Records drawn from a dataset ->
= = = =
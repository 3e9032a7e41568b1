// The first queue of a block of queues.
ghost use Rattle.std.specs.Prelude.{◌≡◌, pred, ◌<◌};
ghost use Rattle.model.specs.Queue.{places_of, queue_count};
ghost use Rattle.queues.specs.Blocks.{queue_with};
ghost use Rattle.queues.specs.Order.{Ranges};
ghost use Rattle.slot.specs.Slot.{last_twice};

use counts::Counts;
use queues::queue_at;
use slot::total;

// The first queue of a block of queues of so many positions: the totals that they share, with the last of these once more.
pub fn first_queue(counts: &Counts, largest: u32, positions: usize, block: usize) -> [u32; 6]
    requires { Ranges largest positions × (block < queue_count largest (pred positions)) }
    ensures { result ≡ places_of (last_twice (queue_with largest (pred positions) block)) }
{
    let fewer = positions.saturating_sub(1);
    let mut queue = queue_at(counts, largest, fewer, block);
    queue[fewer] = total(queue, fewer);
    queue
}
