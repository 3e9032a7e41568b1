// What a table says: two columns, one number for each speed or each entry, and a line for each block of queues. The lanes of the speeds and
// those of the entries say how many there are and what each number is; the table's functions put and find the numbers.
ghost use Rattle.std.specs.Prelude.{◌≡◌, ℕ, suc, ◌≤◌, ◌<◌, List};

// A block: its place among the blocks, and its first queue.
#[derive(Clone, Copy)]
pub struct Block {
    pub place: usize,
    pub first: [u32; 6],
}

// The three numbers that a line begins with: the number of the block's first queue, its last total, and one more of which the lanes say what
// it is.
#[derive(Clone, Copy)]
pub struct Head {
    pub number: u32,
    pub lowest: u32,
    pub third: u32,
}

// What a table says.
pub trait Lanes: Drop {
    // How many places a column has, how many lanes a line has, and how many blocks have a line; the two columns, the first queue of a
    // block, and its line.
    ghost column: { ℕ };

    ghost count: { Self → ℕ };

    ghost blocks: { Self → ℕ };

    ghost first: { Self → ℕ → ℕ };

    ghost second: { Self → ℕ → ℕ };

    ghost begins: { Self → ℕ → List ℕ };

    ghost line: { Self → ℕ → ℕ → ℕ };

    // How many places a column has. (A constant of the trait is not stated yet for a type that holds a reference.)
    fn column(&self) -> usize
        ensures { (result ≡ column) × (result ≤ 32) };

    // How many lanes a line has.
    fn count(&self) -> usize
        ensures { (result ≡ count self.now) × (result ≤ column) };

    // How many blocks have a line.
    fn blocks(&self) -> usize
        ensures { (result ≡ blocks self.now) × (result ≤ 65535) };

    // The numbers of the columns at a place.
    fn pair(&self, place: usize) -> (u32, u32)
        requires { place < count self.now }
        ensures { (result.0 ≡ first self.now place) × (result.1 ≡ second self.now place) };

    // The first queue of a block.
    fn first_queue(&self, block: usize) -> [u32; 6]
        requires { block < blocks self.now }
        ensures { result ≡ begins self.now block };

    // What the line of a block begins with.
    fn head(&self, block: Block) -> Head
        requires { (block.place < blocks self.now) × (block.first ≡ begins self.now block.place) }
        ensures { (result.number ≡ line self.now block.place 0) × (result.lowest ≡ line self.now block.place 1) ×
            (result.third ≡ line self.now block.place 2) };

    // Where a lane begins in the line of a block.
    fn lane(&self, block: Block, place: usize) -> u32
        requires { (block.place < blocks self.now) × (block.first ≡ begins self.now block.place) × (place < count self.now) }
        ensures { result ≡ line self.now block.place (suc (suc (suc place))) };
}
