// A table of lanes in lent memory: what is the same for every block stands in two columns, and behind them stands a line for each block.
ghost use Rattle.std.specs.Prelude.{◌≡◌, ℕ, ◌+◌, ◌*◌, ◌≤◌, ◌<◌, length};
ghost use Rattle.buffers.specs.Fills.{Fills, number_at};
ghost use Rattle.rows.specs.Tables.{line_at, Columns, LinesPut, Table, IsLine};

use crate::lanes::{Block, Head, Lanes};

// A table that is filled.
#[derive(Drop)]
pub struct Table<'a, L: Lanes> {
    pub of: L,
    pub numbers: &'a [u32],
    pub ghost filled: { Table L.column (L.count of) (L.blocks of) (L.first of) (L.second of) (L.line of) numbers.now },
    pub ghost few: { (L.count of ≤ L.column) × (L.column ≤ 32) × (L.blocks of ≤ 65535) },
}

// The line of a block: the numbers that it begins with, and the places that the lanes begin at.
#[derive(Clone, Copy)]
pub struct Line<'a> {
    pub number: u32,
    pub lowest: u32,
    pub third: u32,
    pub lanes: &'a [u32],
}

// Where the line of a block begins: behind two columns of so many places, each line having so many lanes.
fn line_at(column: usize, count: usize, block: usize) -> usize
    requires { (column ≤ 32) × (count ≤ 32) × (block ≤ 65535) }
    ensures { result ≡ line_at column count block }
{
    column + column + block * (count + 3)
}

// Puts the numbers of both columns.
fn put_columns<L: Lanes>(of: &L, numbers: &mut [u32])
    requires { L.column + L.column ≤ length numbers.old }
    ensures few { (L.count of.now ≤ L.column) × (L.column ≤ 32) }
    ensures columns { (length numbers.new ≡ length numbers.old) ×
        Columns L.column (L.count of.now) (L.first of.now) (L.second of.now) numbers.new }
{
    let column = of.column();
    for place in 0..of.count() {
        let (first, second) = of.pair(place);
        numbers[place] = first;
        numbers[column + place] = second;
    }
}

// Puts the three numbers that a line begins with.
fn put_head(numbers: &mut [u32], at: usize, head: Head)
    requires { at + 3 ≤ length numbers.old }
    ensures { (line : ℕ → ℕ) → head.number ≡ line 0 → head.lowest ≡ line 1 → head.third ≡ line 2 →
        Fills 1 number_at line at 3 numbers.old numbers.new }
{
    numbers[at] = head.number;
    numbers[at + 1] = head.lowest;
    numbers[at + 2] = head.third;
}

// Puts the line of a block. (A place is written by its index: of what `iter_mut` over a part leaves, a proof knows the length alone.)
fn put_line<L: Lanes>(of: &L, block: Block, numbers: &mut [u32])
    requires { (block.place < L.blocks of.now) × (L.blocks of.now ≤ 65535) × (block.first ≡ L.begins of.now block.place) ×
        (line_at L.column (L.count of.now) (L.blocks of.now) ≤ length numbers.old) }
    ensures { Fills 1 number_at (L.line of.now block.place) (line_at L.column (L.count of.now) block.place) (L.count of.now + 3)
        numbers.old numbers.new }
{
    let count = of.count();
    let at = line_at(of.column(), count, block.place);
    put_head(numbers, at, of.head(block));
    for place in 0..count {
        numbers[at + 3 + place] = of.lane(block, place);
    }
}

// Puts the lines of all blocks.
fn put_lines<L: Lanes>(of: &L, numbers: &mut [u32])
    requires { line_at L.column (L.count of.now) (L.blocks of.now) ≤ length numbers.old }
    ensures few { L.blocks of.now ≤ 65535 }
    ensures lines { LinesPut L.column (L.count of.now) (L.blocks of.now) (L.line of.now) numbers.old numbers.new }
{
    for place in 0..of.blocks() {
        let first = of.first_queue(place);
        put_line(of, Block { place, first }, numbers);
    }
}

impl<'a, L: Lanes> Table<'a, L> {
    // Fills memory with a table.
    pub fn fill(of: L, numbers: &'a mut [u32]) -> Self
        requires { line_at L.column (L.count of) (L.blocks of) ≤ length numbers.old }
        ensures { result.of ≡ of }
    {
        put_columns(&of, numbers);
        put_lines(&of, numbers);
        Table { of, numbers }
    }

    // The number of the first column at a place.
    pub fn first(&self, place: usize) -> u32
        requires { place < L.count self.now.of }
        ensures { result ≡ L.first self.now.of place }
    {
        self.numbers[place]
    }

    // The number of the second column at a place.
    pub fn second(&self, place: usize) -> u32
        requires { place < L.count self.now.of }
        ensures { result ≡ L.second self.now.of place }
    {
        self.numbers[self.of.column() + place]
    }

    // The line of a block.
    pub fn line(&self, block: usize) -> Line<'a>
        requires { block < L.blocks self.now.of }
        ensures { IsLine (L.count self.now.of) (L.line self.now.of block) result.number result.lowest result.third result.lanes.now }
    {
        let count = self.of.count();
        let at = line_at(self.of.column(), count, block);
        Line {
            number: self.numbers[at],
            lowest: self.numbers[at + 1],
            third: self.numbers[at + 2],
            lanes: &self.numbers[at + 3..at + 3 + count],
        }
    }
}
= = = =
TASK GOAL -> In the entries above, find the line holding "(L.count of.now ≤" and the line holding "let first = of.first_queue(place);"; print both of them and every line between, exactly, and nothing else.

TASK SOLUTION ->
    ensures few { (L.count of.now ≤ L.column) × (L.column ≤ 32) }
    ensures columns { (length numbers.new ≡ length numbers.old) ×
        Columns L.column (L.count of.now) (L.first of.now) (L.second of.now) numbers.new }
{
    let column = of.column();
    for place in 0..of.count() {
        let (first, second) = of.pair(place);
        numbers[place] = first;
        numbers[column + place] = second;
    }
}

// Puts the three numbers that a line begins with.
fn put_head(numbers: &mut [u32], at: usize, head: Head)
    requires { at + 3 ≤ length numbers.old }
    ensures { (line : ℕ → ℕ) → head.number ≡ line 0 → head.lowest ≡ line 1 → head.third ≡ line 2 →
        Fills 1 number_at line at 3 numbers.old numbers.new }
{
    numbers[at] = head.number;
    numbers[at + 1] = head.lowest;
    numbers[at + 2] = head.third;
}

// Puts the line of a block. (A place is written by its index: of what `iter_mut` over a part leaves, a proof knows the length alone.)
fn put_line<L: Lanes>(of: &L, block: Block, numbers: &mut [u32])
    requires { (block.place < L.blocks of.now) × (L.blocks of.now ≤ 65535) × (block.first ≡ L.begins of.now block.place) ×
        (line_at L.column (L.count of.now) (L.blocks of.now) ≤ length numbers.old) }
    ensures { Fills 1 number_at (L.line of.now block.place) (line_at L.column (L.count of.now) block.place) (L.count of.now + 3)
        numbers.old numbers.new }
{
    let count = of.count();
    let at = line_at(of.column(), count, block.place);
    put_head(numbers, at, of.head(block));
    for place in 0..count {
        numbers[at + 3 + place] = of.lane(block, place);
    }
}

// Puts the lines of all blocks.
fn put_lines<L: Lanes>(of: &L, numbers: &mut [u32])
    requires { line_at L.column (L.count of.now) (L.blocks of.now) ≤ length numbers.old }
    ensures few { L.blocks of.now ≤ 65535 }
    ensures lines { LinesPut L.column (L.count of.now) (L.blocks of.now) (L.line of.now) numbers.old numbers.new }
{
    for place in 0..of.blocks() {
        let first = of.first_queue(place);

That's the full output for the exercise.